ERROR: current transaction is aborted, commands ignored until end of transaction block
java.sql.BatchUpdateException: Batch entry 0 INSERT INTO cdm_synthea10.CONCEPT (concept_id,concept_name,domain_id,vocabulary_id,concept_class_id,standard_concept,concept_code,valid_start_date,valid_end_date,invalid_reason) VALUES(2103412,'Biopsy, soft tissue of back or flank; superficial','Procedure','CPT4','CPT4','S','21920','1970-01-01 -05','2099-12-31 -05',NULL) was aborted: ERROR: current transaction is aborted, commands ignored until end of transaction block  Call getNextException to see other errors in the batch.
        at org.postgresql.jdbc.BatchResultHandler.handleError(BatchResultHandler.java:165)
        at org.postgresql.jdbc.PgStatement.internalExecuteBatch(PgStatement.java:871)
        at org.postgresql.jdbc.PgStatement.executeBatch(PgStatement.java:910)
        at org.postgresql.jdbc.PgPreparedStatement.executeBatch(PgPreparedStatement.java:1663)
        at org.ohdsi.databaseConnector.BatchedInsert.executeBatch(BatchedInsert.java:114)
Caused by: org.postgresql.util.PSQLException: ERROR: current transaction is aborted, commands ignored until end of transaction block
        at org.postgresql.core.v3.QueryExecutorImpl.receiveErrorResponse(QueryExecutorImpl.java:2676)
        at org.postgresql.core.v3.QueryExecutorImpl.processResults(QueryExecutorImpl.java:2366)
        at org.postgresql.core.v3.QueryExecutorImpl.execute(QueryExecutorImpl.java:356)
        at org.postgresql.core.v3.QueryExecutorImpl.execute(QueryExecutorImpl.java:316)
        at org.postgresql.jdbc.PgStatement.internalExecuteBatch(PgStatement.java:868)
        ... 3 more
Caused by: org.postgresql.util.PSQLException: ERROR: null value in column "concept_name" of relation "concept" violates not-null constraint
  Detail: Failing row contains (36311145, null, Meas Value, LOINC, Answer, S, LA12334-1, 1970-01-01, 2099-12-31, null).
        at org.postgresql.core.v3.QueryExecutorImpl.receiveErrorResponse(QueryExecutorImpl.java:2676)
        at org.postgresql.core.v3.QueryExecutorImpl.processResults(QueryExecutorImpl.java:2366)
        at org.postgresql.core.v3.QueryExecutorImpl.processResults(QueryExecutorImpl.java:2099)
        at org.postgresql.core.v3.QueryExecutorImpl.flushIfDeadlockRisk(QueryExecutorImpl.java:1456)
        at org.postgresql.core.v3.QueryExecutorImpl.sendQuery(QueryExecutorImpl.java:1481)
        at org.postgresql.core.v3.QueryExecutorImpl.execute(QueryExecutorImpl.java:546)
        at org.postgresql.jdbc.PgStatement.internalExecuteBatch(PgStatement.java:887)
        ... 3 more

I am able to connect to the database using SQL Workbench, and I can see 44 tables, some of which are populated with data from Synthea. However, as alluded to in the title, some of these contain no records (rows). These include the condition_occurence table, which I was hoping to start with on my proof-of-concept.

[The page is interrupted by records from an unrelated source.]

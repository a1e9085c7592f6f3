//! What holds of the definitions alone, and examples of them.
ghost use Rattle.operators_results.specs.distinct_results.Firsts.{FirstsAreOnce};
ghost use Rattle.operators_results.specs.compound_results.Examples.{JoinedExamples};
ghost use Rattle.logical_plan.specs.answers.Joined.{JoinedIsCombined};
ghost use Rattle.logical_plan.specs.answers.Permitted.{AnswerIsPermitted, ArmsHitsAreHits, TableIsSeen, TableKeysAreSeen};

/// The lists of rows that an answer gives are lists that the query permits: of SELECTs that operators combine, in no order or in that of
/// result columns, and of one SELECT without DISTINCT in any order, over any plans of the rows on which they compute their result
/// columns.
pub fn answer_is_permitted()
    ensures { AnswerIsPermitted }
{}

/// What the SELECTs reach the query can reach.
pub fn arms_hits_are_hits()
    ensures { ArmsHitsAreHits }
{}

/// A plan of one table is one of the rows on which a SELECT of this table without groups and windows computes its result columns.
pub fn table_is_seen()
    ensures rows { TableIsSeen }
    ensures keys { TableKeysAreSeen }
{}

/// The first rows of a list are its rows, each once.
pub fn firsts_are_once()
    ensures { FirstsAreOnce }
{}

/// Two lists of rows, and what each operator makes of them.
pub fn joined_examples()
    ensures { JoinedExamples }
{}

/// As a bag, joined rows are what the operator makes of the bags on its sides.
pub fn joined_is_combined()
    ensures { JoinedIsCombined }
{}
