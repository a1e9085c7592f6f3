//! The rows of an answer that are all gathered before the first is given, a list that the query permits, for
//! any value substituted for an overflow. With ORDER BY and a LIMIT, rows of SELECTs that UNION ALL alone
//! combines, and those of one SELECT DISTINCT, are dropped as they come after those that it and OFFSET look at.
//!
//! Its modules, in order: `pushed` (the rows of a stream, of which the first in order are kept), `in_order`
//! (the rows in order) and `gathered` (what is shown of them).
mod gathered;
mod in_order;
mod pushed;

pub use gathered::gathered_rows;
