//! What holds of the definitions alone.
ghost use Rattle.std.specs.Prelude.{◌≡◌, ℕ};
ghost use Rattle.values.specs.Row.{Row};
ghost use Rattle.schema_keys.specs.Rows.{SaysTable};
ghost use Rattle.schema_tables.specs.TableData.{TableData};

/// A row of the schema says at most one table.
pub fn one_table()
    ensures { (pages : ℕ) (row : Row) (first second : TableData) → SaysTable pages row first
        → SaysTable pages row second → first ≡ second }
{}
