//! Result columns on a row.
ghost use Rattle.std.specs.Prelude.{◌≡◌, ◌⊎◌, ◌≤◌, ◌+◌, ◌++◌, ◌∷◌, [], Err, IfErr, IfOk, length, map, take};
ghost use Rattle.values.specs.Datum.{Datum, datum_of};
ghost use Rattle.expr.specs.Meaning.{Overflows, eval};
ghost use Rattle.expr.specs.View.{term};
ghost use Rattle.semantics.specs.Valuation.{term_values};
ghost use Rattle.logical_plan.specs.Plan.{ReachesOverflow};

use expr::{Expr, eval};
use operators_scan::put_value;
use std::alloc::{AllocError, Global};
use values::{Fault, Value};

/// Puts a value at a place of a row, over the one that is there, or behind the others.
fn put_own(row: &mut Vec<Value>, at: usize, value: Value) -> Result<(), AllocError>
    requires { at ≤ length row.old.items }
    ensures value { IfOk result (λ _. take (at + 1) (map datum_of row.new.items) ≡ take at (map datum_of row.old.items) ++ datum_of value ∷ []) }
    ensures long { IfOk result (λ _. at + 1 ≤ length row.new.items) }
{
    if at < row.len() {
        row[at] = value;
        return Ok(());
    }
    row.push(value)?;
    Ok(())
}

/// Puts the value of an expression on a row at a place of `out`, over the one that is there, or behind the others: that of a column
/// in the memory of the one that was there.
fn put_result(
    alloc: Global,
    column: &Expr,
    row: &[Value],
    at: usize,
    out: &mut Vec<Value>,
) -> Result<(), Fault>
    requires { at ≤ length out.old.items }
    ensures value { IfOk result (λ _. (w : Datum)
        → take (at + 1) (map datum_of out.new.items) ≡ take at (map datum_of out.old.items) ++ eval w (term column.now) (map datum_of row.now) ∷ []) }
    ensures long { IfOk result (λ _. at + 1 ≤ length out.new.items) }
    ensures overflow { result ≡ Err Fault.Overflow → Overflows (term column.now) (map datum_of row.now) }
    ensures only { IfErr result (λ e. (e ≡ Fault.Overflow) ⊎ (e ≡ Fault.NoMemory)) }
{
    if let Expr::Column(place) = column {
        if let Some(value) = row.get(*place) {
            put_value(alloc, out, at, value.as_ref())?;
            return Ok(());
        }
    }
    let value = eval(alloc, column, row)?;
    put_own(out, at, value)?;
    Ok(())
}

/// Puts the values of these expressions on a row over `out`, whatever stands for results out of range. Its faults are
/// `Overflow` and `NoMemory`.
pub fn project(
    alloc: Global,
    columns: &[Expr],
    row: &[Value],
    out: &mut Vec<Value>,
) -> Result<(), Fault>
    ensures values { IfOk result (λ _. (w : Datum)
        → map datum_of out.new.items ≡ term_values (eval w) (map term columns.now) (map datum_of row.now)) }
    ensures overflow { result ≡ Err Fault.Overflow → ReachesOverflow (map term columns.now) (map datum_of row.now) }
    ensures only { IfErr result (λ e. (e ≡ Fault.Overflow) ⊎ (e ≡ Fault.NoMemory)) }
{
    // A row that is kept has no more memory than its values.
    out.reserve_exact(columns.len().saturating_sub(out.len()))?;
    let mut next = 0;
    for column in columns {
        put_result(alloc, column, row, next, out)?;
        next += 1;
    }
    out.truncate(columns.len());
    Ok(())
}
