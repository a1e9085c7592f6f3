//! An image in memory that is held for a program in another language: with the session of its statements, and with the reply
//! to the last step, which such a program looks at until it makes the next one. It promises of each step what a session
//! promises, and of the next row the exact answer with no premise left, since nothing else changes the bytes; that what is
//! looked at is what the last step gave, on the slot that is asked for; and that an image that was refused keeps the fault of
//! its opening, whatever is asked of it.
//!
//! The modules, in the order in which data passes them: `image` (an image, its steps and its last reply) and `details`
//! (what a fault carries).
#![tactic(auto)]

mod details;
mod image;

pub use details::detail;
pub use image::OpenImage;
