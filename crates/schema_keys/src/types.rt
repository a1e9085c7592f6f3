//! The types of columns.
ghost use Rattle.std.specs.Prelude.{◌↔◌, IfNone, IfSome, IsTrue};
ghost use Rattle.sql_reader_grammar.specs.create_trees.CreateView as view;
ghost use Rattle.schema_keys.specs.Types.{IsInteger, IsType, IsWord};

use crate::created::is_same_name;
use sql_reader_grammar::{Column as ColumnDefinition, ColumnType};
use values::Ty;

/// Whether a type is this word alone.
fn is_only(ty: &ColumnType, word: &str) -> bool
    ensures { IsTrue result ↔ IsWord word.now (view.type_of ty.now) }
{
    match ty.words.as_slice() {
        [only] => is_same_name(only.as_str(), word) && !ty.is_sized,
        _ => false,
    }
}

/// Whether a column is INTEGER, as the column that is the rowid has to be. (ROWIDs and the INTEGER PRIMARY KEY)
pub fn is_integer(column: &ColumnDefinition) -> bool
    ensures { IsTrue result ↔ IsInteger (view.column_of column.now).ty }
{
    is_only(&column.ty, "INTEGER")
}

/// The type of the values of a column of this type; `None` where it is none of INT, INTEGER, TEXT and BLOB. (STRICT
/// Tables)
pub(crate) fn type_of(ty: &ColumnType) -> Option<Ty>
    ensures found { IfSome result (IsType (view.type_of ty.now)) }
    ensures none { IfNone result ((values : Ty) → ¬ IsType (view.type_of ty.now) values) }
{
    if is_only(ty, "INT") || is_only(ty, "INTEGER") {
        Some(Ty::Int)
    } else if is_only(ty, "TEXT") {
        Some(Ty::Text)
    } else if is_only(ty, "BLOB") {
        Some(Ty::Blob)
    } else {
        None
    }
}
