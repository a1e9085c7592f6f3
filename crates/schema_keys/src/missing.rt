//! What a row has in a column that was added after it was written. (ALTER TABLE ADD COLUMN)
ghost use Rattle.std.specs.Prelude.{◌≡◌, map};
ghost use Rattle.sql_reader_grammar.specs.create_trees.CreateView.{constraint_of, default_of};
ghost use Rattle.schema_keys.specs.Missing.{IsMissingValue, filled, missing_behind};
ghost use Rattle.schema_tables.specs.MissingView.{missing_of};

use schema_tables::Missing;
use sql_reader_grammar::{ColumnConstraint, DefaultValue};
use values::Value;

/// What older rows have by this DEFAULT.
fn filled_by(value: DefaultValue) -> Missing
    ensures { missing_of result ≡ filled (default_of value) }
{
    match value {
        DefaultValue::Null => Missing::Fill(Value::Null),
        DefaultValue::Number(number) => Missing::Fill(Value::Int(number)),
        DefaultValue::Negative(number) if number < 0 => Missing::Refused,
        DefaultValue::Negative(number) => Missing::Fill(Value::Int(-number)),
        DefaultValue::Text(content) => Missing::Fill(Value::Text(content)),
        DefaultValue::Blob(bytes) => Missing::Fill(Value::Blob(bytes)),
        DefaultValue::Expression => Missing::Refused,
    }
}

/// What older rows have where one constraint more was read, if they had this before it.
fn missing_after(missing: Missing, constraint: ColumnConstraint) -> Missing
    ensures { missing_of result ≡ missing_behind (missing_of missing) (constraint_of constraint) }
{
    match constraint {
        ColumnConstraint::Default(value) => filled_by(value),
        _ => missing,
    }
}

/// What older rows have by the last DEFAULT of these constraints, or NULL where there is none.
pub(crate) fn missing_by(constraints: Vec<ColumnConstraint>) -> Missing
    ensures { IsMissingValue (map constraint_of constraints.items) (missing_of result) }
{
    let mut missing = Missing::Fill(Value::Null);
    for constraint in constraints {
        missing = missing_after(missing, constraint);
    }
    missing
}
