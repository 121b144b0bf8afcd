//! Streams, by number: the elements and perhaps the end of each, how many references count for each of its sides, and
//! who waits for it.
#![tactic(auto)]

pub mod head;
mod stream;
pub mod streams;
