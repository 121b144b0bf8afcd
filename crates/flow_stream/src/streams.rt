// Streams by number.

ghost use Rattle.std.specs.Prelude.{◌≡◌, ◌+◌, ◌<◌, ◌^◌, [], is_some, if◌then◌else◌, IsSome, OnOk, OnErr, IfOk, option_copied, option_map, slice_get, None, Some};
ghost use Rattle.std.specs.Option.{ForSome};
ghost use Rattle.flow_numbered.specs.Numbered.{thing, added, removed, next_above, with_thing};
ghost use Rattle.flow_cell.specs.Cells.{no_counts, count_of, held, released, loss};
ghost use Rattle.flow_stream.specs.Streams.{empty, with_item, ready, head, tail, or_waiter};
ghost use Rattle.flow_stream.specs.declared.head.Wait.TheVariants.{Added, Busy};

use crate::head::{Head, Wait};
use crate::stream::Stream;
use flow_base::ids::{CellId, ErrorCode};
use flow_base::memory::NoMemory;
use flow_cell::counts::{Loss, References, Side};
use flow_cell::waiter::Waiter;
use flow_numbered::numbered::Numbered;
use std::alloc::Global;
use std::collections::VecDeque;
use std::marker::Model;

/// Streams by number. Contracts see the list of numbers and streams, by rising number, and the greatest number that
/// was ever made, 0 at first. Each call on a stream asks that it is there.
#[derive(Drop)]
pub struct Streams<T> {
    streams: Numbered<Stream<T>>,
    alloc: Global,
}

impl<T> Model for Streams<T> {
    ghost use Rattle.flow_numbered.specs.Numbered.{Store};
    ghost use Rattle.flow_stream.specs.Streams.{StreamTree};

    ghost Value = { Store (StreamTree T) };

    ghost view = { λ s. s.streams };
}

impl<T> Streams<T> {
    /// No stream, and no number made.
    pub fn new(alloc: Global) -> Result<Streams<T>, NoMemory>
        ensures { IfOk result (λ s. s ≡ record { things = []; greatest = 0 }) }
    {
        Ok(Streams {
            streams: Numbered::new(alloc),
            alloc,
        })
    }

    /// A stream with a number above all that were made, without a reference, an element, an end or a waiter. Where
    /// there is no memory, nothing changes.
    pub fn make(&mut self, cell: CellId) -> Result<(), NoMemory>
    where
        T: Drop,
        requires { self.old.greatest < cell.0 }
        ensures ok { OnOk result (self.new
            ≡ record { things = added self.old.things cell.0 empty; greatest = cell.0 }) }
        ensures err { OnErr result (self.new ≡ self.old) }
    {
        self.streams.insert(cell.0, Stream::new(self.alloc))
    }

    // The stream of a number.
    fn stream(&self, cell: CellId) -> &Stream<T>
        requires { IsSome (thing self.now.things cell.0) }
        ensures { thing self.now.things cell.0 ≡ Some result.now }
    {
        self.streams.get(cell.0).unwrap()
    }

    /// How many references of a stream count: `None` where no stream has this number.
    pub fn references(&self, cell: CellId) -> Option<References>
        ensures { result ≡ option_map (λ s. s.references) (thing self.now.things cell.0) }
    {
        match self.streams.get(cell.0) {
            Some(stream) => Some(stream.references()),
            None => None,
        }
    }

    /// Counts one more reference of a side, which stays below 2^64.
    pub fn hold(&mut self, cell: CellId, side: Side)
        requires there { IsSome (thing self.old.things cell.0) }
        requires fits { ForSome (thing self.old.things cell.0)
            (λ s. count_of side s.references + 1 < 2 ^ 64) }
        ensures { ForSome (thing self.old.things cell.0)
            (λ s. self.new ≡ with_thing self.old cell.0
            (record s { references = held side s.references })) }
    {
        self.streams.get_mut(cell.0).hold(side);
    }

    /// Counts one reference less of a side that counts, and says what that leaves.
    pub fn release(&mut self, cell: CellId, side: Side) -> Loss
        requires there { IsSome (thing self.old.things cell.0) }
        requires counts { ForSome (thing self.old.things cell.0)
            (λ s. 0 < count_of side s.references) }
        ensures loss { ForSome (thing self.old.things cell.0)
            (λ s. result ≡ loss side (released side s.references)) }
        ensures counts { ForSome (thing self.old.things cell.0)
            (λ s. self.new ≡ with_thing self.old cell.0
            (record s { references = released side s.references })) }
    {
        self.streams.get_mut(cell.0).release(side)
    }

    /// Adds an element behind the others of a stream without an end. Where there is no memory, nothing changes.
    #[tactic(auto, using(flow_numbered::proofs::Things::with_same))]
    pub fn push(&mut self, cell: CellId, item: T) -> Result<(), NoMemory>
    where
        T: Drop,
        requires there { IsSome (thing self.old.things cell.0) }
        requires endless { ForSome (thing self.old.things cell.0) (λ s. s.end ≡ None) }
        ensures ok { ForSome (thing self.old.things cell.0)
            (λ s. OnOk result (self.new ≡ with_thing self.old cell.0 (with_item s item))) }
        ensures err { OnErr result (self.new ≡ self.old) }
    {
        self.streams.get_mut(cell.0).push(item)
    }

    /// Ends a stream without an end by an error.
    pub fn end(&mut self, cell: CellId, error: ErrorCode)
        requires there { IsSome (thing self.old.things cell.0) }
        requires endless { ForSome (thing self.old.things cell.0) (λ s. s.end ≡ None) }
        ensures { ForSome (thing self.old.things cell.0)
            (λ s. self.new ≡ with_thing self.old cell.0 (record s { end = Some error })) }
    {
        self.streams.get_mut(cell.0).end(error);
    }

    /// Whether a stream has an end.
    pub fn ended(&self, cell: CellId) -> bool
        requires { IsSome (thing self.now.things cell.0) }
        ensures { ForSome (thing self.now.things cell.0) (λ s. result ≡ is_some s.end) }
    {
        self.stream(cell).end_error().is_some()
    }

    /// The error of a stream's end: `None` where it has no end.
    pub fn end_error(&self, cell: CellId) -> Option<ErrorCode>
        requires { IsSome (thing self.now.things cell.0) }
        ensures { ForSome (thing self.now.things cell.0) (λ s. result ≡ s.end) }
    {
        self.stream(cell).end_error()
    }

    /// The element of a stream at a place from 0, the oldest first: `None` past the last.
    pub fn item(&self, cell: CellId, place: usize) -> Option<&T>
        requires { IsSome (thing self.now.things cell.0) }
        ensures { ForSome (thing self.now.things cell.0)
            (λ s. option_copied result ≡ slice_get s.queue place) }
    {
        self.stream(cell).item(place)
    }

    /// The least number above this one that a stream has, in constant time where a stream has this one.
    pub fn next_cell(&self, after: CellId) -> Option<CellId>
        ensures { option_map (λ c. c.0) result ≡ next_above self.now.things after.0 }
    {
        self.streams.next_above(after.0).map(CellId)
    }

    /// Whether a stream has an element or an end.
    pub fn ready(&self, cell: CellId) -> bool
        requires { IsSome (thing self.now.things cell.0) }
        ensures { ForSome (thing self.now.things cell.0) (λ s. result ≡ ready s.queue s.end) }
    {
        self.stream(cell).ready()
    }

    /// Whether a stream has an element or an end: `None` where no stream has this number.
    pub fn is_ready(&self, cell: CellId) -> Option<bool>
        ensures { result ≡ option_map (λ s. ready s.queue s.end) (thing self.now.things cell.0) }
    {
        match self.streams.get(cell.0) {
            Some(stream) => Some(stream.ready()),
            None => None,
        }
    }

    /// Takes the first element of a stream; or tells its end, where it has no element; or nothing, where it has
    /// neither.
    pub fn pop(&mut self, cell: CellId) -> Head<T>
        requires { IsSome (thing self.old.things cell.0) }
        ensures head { ForSome (thing self.old.things cell.0) (λ s. result ≡ head s.queue s.end) }
        ensures rest { ForSome (thing self.old.things cell.0)
            (λ s. self.new ≡ with_thing self.old cell.0 (record s { queue = tail s.queue })) }
    {
        self.streams.get_mut(cell.0).pop()
    }

    /// Has a waiter wait at a stream. Where one stands there, nothing changes and the answer is `Busy`.
    pub fn add_waiter(&mut self, cell: CellId, waiter: Waiter) -> Wait
        requires { IsSome (thing self.old.things cell.0) }
        ensures wait { ForSome (thing self.old.things cell.0)
            (λ s. result ≡ (if is_some s.waiter then Busy else Added)) }
        ensures waiter { ForSome (thing self.old.things cell.0)
            (λ s. self.new ≡ with_thing self.old cell.0
            (record s { waiter = or_waiter s.waiter waiter })) }
    {
        self.streams.get_mut(cell.0).add_waiter(waiter)
    }

    /// Who waits at a stream: `None` where nobody does.
    pub fn waiter(&self, cell: CellId) -> Option<Waiter>
        requires { IsSome (thing self.now.things cell.0) }
        ensures { ForSome (thing self.now.things cell.0) (λ s. result ≡ s.waiter) }
    {
        self.stream(cell).waiter()
    }

    /// Has nobody wait at a stream.
    pub fn remove_waiter(&mut self, cell: CellId)
        requires { IsSome (thing self.old.things cell.0) }
        ensures { ForSome (thing self.old.things cell.0)
            (λ s. self.new ≡ with_thing self.old cell.0 (record s { waiter = None })) }
    {
        self.streams.get_mut(cell.0).remove_waiter();
    }

    /// Removes a stream without a reference and without a waiter, and gives its elements, oldest first.
    pub fn remove(&mut self, cell: CellId) -> VecDeque<T>
        requires there { IsSome (thing self.old.things cell.0) }
        requires references { ForSome (thing self.old.things cell.0)
            (λ s. s.references ≡ no_counts) }
        requires waiter { ForSome (thing self.old.things cell.0) (λ s. s.waiter ≡ None) }
        ensures items { ForSome (thing self.old.things cell.0) (λ s. result.items ≡ s.queue) }
        ensures rest { self.new ≡ record self.old { things = removed self.old.things cell.0 } }
    {
        self.streams.remove(cell.0).into_queue()
    }

    /// The greatest number with which a stream was made, 0 at first.
    pub fn greatest(&self) -> u64
        ensures { result ≡ self.now.greatest }
    {
        self.streams.greatest()
    }

    /// Removes all streams. The greatest number stays.
    pub fn clear(&mut self)
    where
        T: Drop,
        ensures { self.new ≡ record self.old { things = [] } }
    {
        self.streams.clear();
    }
}
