// One stream.

ghost use Rattle.std.specs.Prelude.{◌≡◌, ◌+◌, ◌<◌, ◌^◌, is_some, if◌then◌else◌, OnOk, OnErr, option_copied, slice_get, None, Some};
ghost use Rattle.flow_cell.specs.Cells.{count_of, held, released, loss};
ghost use Rattle.flow_stream.specs.Streams.{empty, with_item, ready, head, tail, or_waiter};
ghost use Rattle.flow_stream.specs.declared.head.Wait.TheVariants.{Added, Busy};

use crate::head::{Head, Wait};
use flow_base::ids::ErrorCode;
use flow_base::memory::NoMemory;
use flow_cell::counts::{Loss, References, Side};
use flow_cell::waiter::Waiter;
use std::alloc::Global;
use std::collections::VecDeque;
use std::marker::Model;

/// A stream.
#[derive(Drop)]
pub(crate) struct Stream<T> {
    references: References,
    queue: VecDeque<T>,
    end: Option<ErrorCode>,
    waiter: Option<Waiter>,
}

impl<T> Model for Stream<T> {
    ghost use Rattle.flow_stream.specs.Streams.{StreamTree};

    ghost Value = { StreamTree T };

    ghost view = { λ s. record {
      references = s.references;
      queue = s.queue.items;
      end = s.end;
      waiter = s.waiter;
    } };
}

impl<T> Stream<T> {
    pub(crate) fn new(alloc: Global) -> Stream<T>
        ensures { result ≡ empty }
    {
        Stream {
            references: References::new(),
            queue: VecDeque::new(alloc),
            end: None,
            waiter: None,
        }
    }

    /// How many references count.
    pub(crate) fn references(&self) -> References
        ensures { result ≡ self.now.references }
    {
        self.references
    }

    pub(crate) fn hold(&mut self, side: Side)
        requires { count_of side self.old.references + 1 < 2 ^ 64 }
        ensures { self.new ≡ record self.old { references = held side self.old.references } }
    {
        self.references.hold(side);
    }

    pub(crate) fn release(&mut self, side: Side) -> Loss
        requires { 0 < count_of side self.old.references }
        ensures loss { result ≡ loss side (released side self.old.references) }
        ensures counts { self.new ≡ record self.old
            { references = released side self.old.references } }
    {
        self.references.release(side)
    }

    /// Adds an element behind the others. Where there is no memory, nothing changes.
    pub(crate) fn push(&mut self, item: T) -> Result<(), NoMemory>
    where
        T: Drop,
        ensures ok { OnOk result (self.new ≡ with_item self.old item) }
        ensures err { OnErr result (self.new ≡ self.old) }
    {
        self.queue.push_back(item)?;
        Ok(())
    }

    pub(crate) fn end(&mut self, error: ErrorCode)
        ensures { self.new ≡ record self.old { end = Some error } }
    {
        self.end = Some(error);
    }

    pub(crate) fn end_error(&self) -> Option<ErrorCode>
        ensures { result ≡ self.now.end }
    {
        self.end
    }

    /// The element at a place from 0, the oldest first.
    pub(crate) fn item(&self, place: usize) -> Option<&T>
        ensures { option_copied result ≡ slice_get self.now.queue place }
    {
        self.queue.get(place)
    }

    pub(crate) fn ready(&self) -> bool
        ensures { result ≡ ready self.now.queue self.now.end }
    {
        !self.queue.is_empty() || self.end.is_some()
    }

    /// Takes the first element, or tells the end.
    pub(crate) fn pop(&mut self) -> Head<T>
        ensures head { result ≡ head self.old.queue self.old.end }
        ensures rest { self.new ≡ record self.old { queue = tail self.old.queue } }
    {
        if let Some(item) = self.queue.pop_front() {
            return Head::Item(item);
        }
        match self.end {
            Some(error) => Head::End(error),
            None => Head::Nothing,
        }
    }

    pub(crate) fn add_waiter(&mut self, waiter: Waiter) -> Wait
        ensures wait { result ≡ (if is_some self.old.waiter then Busy else Added) }
        ensures waiter { self.new ≡ record self.old { waiter = or_waiter self.old.waiter waiter } }
    {
        if self.waiter.is_some() {
            return Wait::Busy;
        }
        self.waiter = Some(waiter);
        Wait::Added
    }

    pub(crate) fn waiter(&self) -> Option<Waiter>
        ensures { result ≡ self.now.waiter }
    {
        self.waiter
    }

    pub(crate) fn remove_waiter(&mut self)
        ensures { self.new ≡ record self.old { waiter = None } }
    {
        self.waiter = None;
    }

    /// Its elements, oldest first.
    pub(crate) fn into_queue(self) -> VecDeque<T>
        ensures { result.items ≡ self.queue }
    {
        let Stream {
            references: _,
            queue,
            end: _,
            waiter: _,
        } = self;
        queue
    }
}
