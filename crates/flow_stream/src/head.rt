// Answers.

use flow_base::ids::ErrorCode;

/// Whether a waiter was added, or another one stands there.
#[derive(Clone, Copy, PartialEq, Eq)]
pub enum Wait {
    Added,
    Busy,
}

/// What a stream gives: its first element; its end, where it has no element; or nothing, where it has neither.
#[derive(Drop)]
pub enum Head<T> {
    Item(T),
    End(ErrorCode),
    Nothing,
}
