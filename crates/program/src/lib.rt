// The one loop of all programs that print a run file: it reads the file from a stream in pieces, and writes what is printed to another.
#![tactic(auto)]

mod run;

pub use buffers::Run;
pub use printing::Mode;
pub use run::{complain, print_file};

I suspect that there was an issue in the vocabulary loading, since that was the step where I saw all of those errors and because this was the step I was least sure about (step 2 above). However, I have no idea how to confirm this or which steps to take next to correct it. I’d greatly appreciate any help on this and will provide any extra details needed. Thanks!

It does sound as if this is an issue with your vocabulary load. If you query your concept table, how many records are loaded. If the vocabulary fails to load properly then the conversion will definitely fail and the empty tables you currently see would be the result.